Saved data entries
◆ ◆ ◆ ◆ ◆
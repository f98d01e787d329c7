// A member's node that lives through the events of a record as the definitions say of it.
ghost use Rattle.std.specs.Prelude.{◌≡◌, ℕ, ◌+◌, ◌<◌, ◌≤◌, true, false, [], ◌∷◌, ◌++◌, length, All, None, Some, List, IfOk, OnOk, IfSome};
ghost use Rattle.std.specs.Bool.{Decides};
ghost use Rattle.circus_value.specs.ValueTree.{ValueTree};
ghost use Rattle.circus_value.specs.Fits.{all_fit};
ghost use Rattle.circus_collate.specs.Deployment.{IsDeployment};
ghost use Rattle.circus_collate.specs.declared.deployment.Troupe.{Troupe};
ghost use Rattle.circus_collate.specs.declared.view.View.{View};
ghost use Rattle.circus_ring.specs.RingTable.{boot_views};
ghost use Rattle.circus_transfer.specs.declared.joiner.Joiner.{Joiner as Phase};
ghost use Rattle.circus_model.specs.Behaviour.{Behaviour};
ghost use Rattle.circus_performing.specs.Performing as performing;
ghost use Rattle.circus_performing.specs.Record.{behaviour};
ghost use Rattle.circus_member_rules.specs.Happening.{IsHome};
ghost use Rattle.circus_member_theory.specs.Living as beginnings;
ghost use Rattle.circus_member_theory.specs.Past.{Past, Rises, now};
ghost use Rattle.circus_dues.specs.Dues.{IsInTimeSoFar};
ghost use Rattle.circus_dues.specs.Seen.Owing.{CanCome};
ghost use Rattle.circus_dues.specs.Seen.Sound.{IsSayable, IsSoundOwing};
ghost use Rattle.circus_audit.specs.declared.given.GivenEvent.{GivenEvent as Told};
ghost use Rattle.circus_verdict.specs.Seen.Living as living;
ghost use Rattle.circus_verdict.specs.Seen.Living.{HasCome, IsOf, IsReady, Owes, LivesThrough, EndsSo, RunsThrough};

use crate::same::Same;
use crate::station::{Came, Pairs};
use crate::telling::{awaited_behind, is_told};
use circus_audit::GivenEvent;
use circus_collate::Deployment;
use circus_dues::{Dues, follows};
use circus_member_rules::{Beginning, Difference, Effects, Occurrence, Purpose};
use circus_model::{Module, Signature};
use circus_node::{Event, Gives, Home, accept_by_record};
use circus_record::MemberRecord;
use circus_ring::Ring;
use circus_transfer::Joiner;
use circus_value::{Duplicate, ListOf, NoMemory, Nodes, State};
use circus_wire::Heard;
use std::alloc::Global;

/// A member of a program, and its record in the end.
#[derive(Clone, Copy)]
pub(crate) struct Subject<'r> {
    pub alloc: Global,
    pub deployment: &'r Deployment,
    pub home: &'r Home,
    pub signature: &'r Signature,
    pub kept: &'r MemberRecord,
}

/// Its node behind events of a record.
#[derive(Drop)]
pub(crate) struct Lived<'r> {
    pub pairs: Pairs,
    pub dues: Dues<'r>,
    /// The suspected nodes that are still to be declared.
    pub awaited: Nodes,
}

impl<'r> Lived<'r> {
    /// Its node that has booted, with this first state. `None` where the record doesn't say that.
    pub fn begin(
        of: &Subject<'r>,
        first: State,
        boot: &GivenEvent,
    ) -> Result<Option<Self>, NoMemory>
        requires deployment { IsDeployment of.now.deployment.now }
        requires node { of.now.home.now.place.node < length of.now.deployment.now.nodes }
        requires home { IsHome of.now.signature.now of.now.home.now.place
            (boot_views of.now.deployment.now.troupes) }
        requires sayable { IsSayable of.now.signature.now
            (length of.now.deployment.now.troupes) of.now.kept.now }
        requires first { all_fit of.now.signature.now.variables first ≡ true }
        requires few { of.now.kept.now.from + length of.now.kept.now.runs ≤ 4294967296 }
        requires boot { boot.now.event ≡ None }
        ensures ready { IfOk result (λ o. IfSome o (IsReady of.now.deployment.now
            of.now.home.now of.now.signature.now of.now.kept.now)) }
        ensures lived { (b : Behaviour) (node number : ℕ) (troupe : Troupe)
            → IsOf of.now.deployment.now of.now.home.now of.now.signature.now b node number troupe
            → first ≡ b.first
            → IfOk result (LivesThrough of.now.deployment.now b node number troupe
            of.now.kept.now (boot.now ∷ [])) }
    {
        let ring = Ring::new(of.alloc, of.deployment)?;
        let views = ring.views().copy()?;
        let mut pairs = Pairs::new(of.alloc, of.deployment, of.home.place.node)?;
        let begins = phase_at_boot(of.home.beginning);
        let (dues, made) = Dues::begin(
            of.alloc,
            &of.home.place,
            of.signature,
            views,
            begins,
            first,
            of.kept,
        )?;
        if !dues.is_in_time() {
            return Ok(None);
        }
        let tells = is_told(boot, &mut pairs, made, Gives::new(of.alloc), &None)?;
        if !tells {
            return Ok(None);
        }
        Ok(Some(Lived {
            pairs,
            dues,
            awaited: ListOf::new(of.alloc),
        }))
    }

    /// Its next event, which has this step. `None` where the record doesn't say what is owed in it.
    pub fn step(
        self,
        of: &Subject<'r>,
        at: u64,
        told: &GivenEvent,
    ) -> Result<Option<Self>, NoMemory>
        requires come { HasCome of.now.deployment.now of.now.home.now.place.node told.now }
        requires ready { IsReady of.now.deployment.now of.now.home.now of.now.signature.now
            of.now.kept.now self }
        ensures ready { IfOk result (λ o. IfSome o (IsReady of.now.deployment.now
            of.now.home.now of.now.signature.now of.now.kept.now)) }
        ensures lived { (b : Behaviour) (node number : ℕ) (troupe : Troupe) (events : List Told)
            → IsOf of.now.deployment.now of.now.home.now of.now.signature.now b node number troupe
            → at ≡ length events
            → LivesThrough of.now.deployment.now b node number troupe of.now.kept.now events
            (Some self.entry)
            → IfOk result (LivesThrough of.now.deployment.now b node number troupe
            of.now.kept.now (events ++ told.now ∷ [])) }
    {
        let Some(event) = &told.event else {
            unreachable!()
        };
        let Lived {
            mut pairs,
            mut dues,
            awaited,
        } = self;
        let Came {
            gives,
            suspects,
            heard,
        } = pairs.take(event)?;
        let occurrence = happens(of, event, heard)?;
        let (made, differs) = owe(of.alloc, &mut dues, at, occurrence)?;
        if !dues.is_in_time() {
            return Ok(None);
        }
        let tells = is_told(told, &mut pairs, made, gives, &differs)?;
        if !tells {
            return Ok(None);
        }
        let Some(awaited) = awaited_behind(of.alloc, awaited, event, suspects)? else {
            return Ok(None);
        };
        Ok(Some(Lived {
            pairs,
            dues,
            awaited,
        }))
    }

    /// Whether the record ends here, as a run of the node.
    pub fn ends_so<M: Module>(&self, of: &Subject<'r>, module: &M) -> Result<bool, NoMemory>
        requires ready { IsReady of.now.deployment.now of.now.home.now of.now.signature.now
            of.now.kept.now self.now }
        requires apart { performing.is_active of.now.kept.now.phase ≡ false
            → (of.now.kept.now.from ≡ 0) × (of.now.kept.now.active_at ≡ 0) }
        ensures { (node number : ℕ) (troupe : Troupe) (events : List Told)
            → IsOf of.now.deployment.now of.now.home.now of.now.signature.now
            (behaviour M.declared M.turn M.first «module».now) node number troupe
            → LivesThrough of.now.deployment.now (behaviour M.declared M.turn M.first «module».now)
            node number troupe of.now.kept.now events (Some self.now)
            → IfOk result (EndsSo of.now.deployment.now
            (behaviour M.declared M.turn M.first «module».now) node number troupe of.now.kept.now
            events self.now.dues.owing.began) }
    {
        if !self.awaited.is_empty() {
            return Ok(false);
        }
        if !self.dues.is_timely() {
            return Ok(false);
        }
        if !tells_phase(of.kept.phase, self.dues.phase()) {
            return Ok(false);
        }
        follows(of.alloc, module, self.dues.began(), of.kept)
    }
}

/// A member's node lives through boot and later events of a record, each in the step of its number: it behind them, where
/// they are those of a run.
pub(crate) fn live_through<'r, M: Module>(
    of: &Subject<'r>,
    module: &M,
    boot: &GivenEvent,
    later: &[GivenEvent],
) -> Result<Option<Lived<'r>>, NoMemory>
    requires deployment { IsDeployment of.now.deployment.now }
    requires node { of.now.home.now.place.node < length of.now.deployment.now.nodes }
    requires home { IsHome of.now.signature.now of.now.home.now.place
        (boot_views of.now.deployment.now.troupes) }
    requires declared { of.now.signature.now ≡ M.declared «module».now }
    requires sayable { IsSayable of.now.signature.now
        (length of.now.deployment.now.troupes) of.now.kept.now }
    requires apart { performing.is_active of.now.kept.now.phase ≡ false
        → (of.now.kept.now.from ≡ 0) × (of.now.kept.now.active_at ≡ 0) }
    requires few { of.now.kept.now.from + length of.now.kept.now.runs ≤ 4294967296 }
    requires boot { boot.now.event ≡ None }
    requires come { All (HasCome of.now.deployment.now of.now.home.now.place.node) later.now }
    ensures { (node number : ℕ) (troupe : Troupe)
        → IsOf of.now.deployment.now of.now.home.now of.now.signature.now
        (behaviour M.declared M.turn M.first «module».now) node number troupe
        → IfOk result (RunsThrough of.now.deployment.now
        (behaviour M.declared M.turn M.first «module».now) node number troupe of.now.kept.now
        (boot.now ∷ later.now)) }
{
    let first = module.first_state()?;
    let Some(begun) = Lived::begin(of, first, boot)? else {
        return Ok(None);
    };
    let Some(lived) = live(of, begun, later)? else {
        return Ok(None);
    };
    let ends = lived.ends_so(of, module)?;
    if ends { Ok(Some(lived)) } else { Ok(None) }
}

// One that has lived through its first event lives through the others.
fn live<'r>(
    of: &Subject<'r>,
    begun: Lived<'r>,
    later: &[GivenEvent],
) -> Result<Option<Lived<'r>>, NoMemory>
    requires come { All (HasCome of.now.deployment.now of.now.home.now.place.node) later.now }
    requires ready { IsReady of.now.deployment.now of.now.home.now of.now.signature.now
        of.now.kept.now begun }
    ensures ready { IfOk result (λ o. IfSome o (IsReady of.now.deployment.now of.now.home.now
        of.now.signature.now of.now.kept.now)) }
    ensures lived { (b : Behaviour) (node number : ℕ) (troupe : Troupe) (boot : Told)
        → IsOf of.now.deployment.now of.now.home.now of.now.signature.now b node number troupe
        → LivesThrough of.now.deployment.now b node number troupe of.now.kept.now (boot ∷ [])
        (Some begun.entry)
        → IfOk result (LivesThrough of.now.deployment.now b node number troupe of.now.kept.now
        (boot ∷ later.now)) }
{
    let mut lived = begun;
    for (place, told) in later.iter().enumerate() {
        match lived.step(of, place as u64 + 1, told)? {
            Some(on) => lived = on,
            None => return Ok(None),
        }
    }
    Ok(Some(lived))
}

// The phase in which a member begins.
fn phase_at_boot(beginning: Beginning) -> Joiner
    ensures { result ≡ beginnings.phase_at_boot beginning }
{
    match beginning {
        Beginning::Founder => Joiner::Active(0),
        Beginning::Spare => Joiner::Outside,
    }
}

// What happens to the member by an event of which this is heard.
fn happens(
    of: &Subject<'_>,
    event: &Event,
    heard: Heard<Purpose>,
) -> Result<Option<Occurrence>, NoMemory>
    ensures happens { IfOk result (λ o. o ≡ living.happening of.now.deployment.now
        of.now.signature.now of.now.home.now.place.troupe of.now.kept.now event.now heard) }
    ensures can { IfOk result (λ o. IfSome o (CanCome of.now.signature.now
        of.now.home.now.place.troupe (length of.now.deployment.now.troupes))) }
{
    match event {
        Event::Datagram(from, _) => accept_by_record(
            of.alloc,
            of.deployment,
            of.signature,
            of.home.place.troupe,
            of.kept,
            *from,
            heard,
        ),
        Event::Tick => Ok(None),
        Event::Down(node) => Ok(Some(Occurrence::Declared(*node))),
        Event::Join => Ok(Some(Occurrence::Joins)),
    }
}

// What the member makes of what happens, and a reply that differs; of nothing it makes nothing.
fn owe(
    alloc: Global,
    dues: &mut Dues<'_>,
    at: u64,
    occurrence: Option<Occurrence>,
) -> Result<(Effects, Option<Difference>), NoMemory>
    requires sound { IsSoundOwing dues.old.signature dues.old.place dues.old.kept dues.old.owing }
    requires can { IfSome occurrence (CanCome dues.old.signature dues.old.place.troupe
        (length dues.old.owing.out.known.views)) }
    ensures sound { OnOk result
        (IsSoundOwing dues.new.signature dues.new.place dues.new.kept dues.new.owing) }
    ensures views { OnOk result
        (length dues.new.owing.out.known.views ≡ length dues.old.owing.out.known.views) }
    ensures stands { OnOk result ((dues.new.place ≡ dues.old.place)
        × (dues.new.signature ≡ dues.old.signature) × (dues.new.kept ≡ dues.old.kept)) }
    ensures owes { IfOk result (λ done.
        (boot : List View) (begins : Phase) (first : List ValueTree) (at_boot : ℕ) (p : Past)
        → Rises p → now p < at → IsInTimeSoFar boot begins first at_boot p dues.old
        → Owes boot begins first at_boot p at occurrence dues.old dues.new done.0 done.1) }
{
    match occurrence {
        Some(occurrence) => dues.step(at, occurrence),
        None => Ok((ListOf::new(alloc), None)),
    }
}

// A phase is told so.
fn tells_phase(told: Joiner, phase: Joiner) -> bool
    ensures { Decides result (told ≡ living.phase_told phase) }
{
    told.is_same(&without_incarnation(phase))
}

fn without_incarnation(phase: Joiner) -> Joiner
    ensures { result ≡ living.phase_told phase }
{
    match phase {
        Joiner::Outside => Joiner::Outside,
        Joiner::Asking => Joiner::Asking,
        Joiner::Fetching(_) => Joiner::Fetching(0),
        Joiner::Active(first) => Joiner::Active(first),
    }
}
◆ ◆ ◆ ◆ ◆
TASK DIRECTIONS: Copy out each line of the data above, exactly, if it lies between the line holding "let mut lived = begun;" and the line holding "of.now.home.now.place.troupe of.now.kept.now event.now", inclusive; copy no other line.

SOLUTION TO THE EXERCISE:
    let mut lived = begun;
    for (place, told) in later.iter().enumerate() {
        match lived.step(of, place as u64 + 1, told)? {
            Some(on) => lived = on,
            None => return Ok(None),
        }
    }
    Ok(Some(lived))
}

// The phase in which a member begins.
fn phase_at_boot(beginning: Beginning) -> Joiner
    ensures { result ≡ beginnings.phase_at_boot beginning }
{
    match beginning {
        Beginning::Founder => Joiner::Active(0),
        Beginning::Spare => Joiner::Outside,
    }
}

// What happens to the member by an event of which this is heard.
fn happens(
    of: &Subject<'_>,
    event: &Event,
    heard: Heard<Purpose>,
) -> Result<Option<Occurrence>, NoMemory>
    ensures happens { IfOk result (λ o. o ≡ living.happening of.now.deployment.now
        of.now.signature.now of.now.home.now.place.troupe of.now.kept.now event.now heard) }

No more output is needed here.